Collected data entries
· · · · ·
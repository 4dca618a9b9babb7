// The word OUT: the eight channels' files are named by it.
ghost use Rattle.std.specs.Prelude.{◌≡◌, ◌+◌, ◌<◌, ◌↔◌, [], ◌∷◌, ◌++◌, length, IfSome, IsNone};
ghost use Rattle.files.specs.declared.out.TheConstants.{OUT_MAX};

use arrayvec::ArrayVec;

// The longest path, with the 0 that ends it.
pub const PATH_MAX: usize = 4096;

// The longest OUT: a point, a digit and the 0 that ends a path go behind it.
pub const OUT_MAX: usize = PATH_MAX - 3;

// An OUT. No String: the program never stops for lack of memory.
#[derive(Drop)]
pub struct Out(ArrayVec<u8, OUT_MAX>);

impl Out {
    // None if the word is too long.
    pub fn of(word: &[u8]) -> Option<Out>
        ensures some { IfSome result (λ out. out.0.items ≡ word.now) }
        ensures none { IsNone result ↔ (OUT_MAX < length word.now) }
    {
        let mut out = ArrayVec::new();
        out.try_extend_from_slice(word).ok()?;
        Some(Out(out))
    }

    // The name of a channel's file. A channel is its number here, as it is the place in each array of the eight.
    pub fn name(&self, v: usize) -> ArrayVec<u8, PATH_MAX>
        requires { v < 8 }
        ensures { result.items ≡ self.now.0.items ++ 46 ∷ (48 + v) ∷ [] }
    {
        let mut name = ArrayVec::new();
        name.try_extend_from_slice(self.0.as_slice()).unwrap();
        name.push(b'.');
        name.push(b'0' + v as u8);
        name
    }
}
· · · · ·
Exercise goal → From the line holding "name.try_extend_from_slice(self.0.as_slice()).unwrap();" through the last line above, reproduce each line exactly and add nothing.

Solution for this exercise →
        name.try_extend_from_slice(self.0.as_slice()).unwrap();
        name.push(b'.');
        name.push(b'0' + v as u8);
        name
    }
}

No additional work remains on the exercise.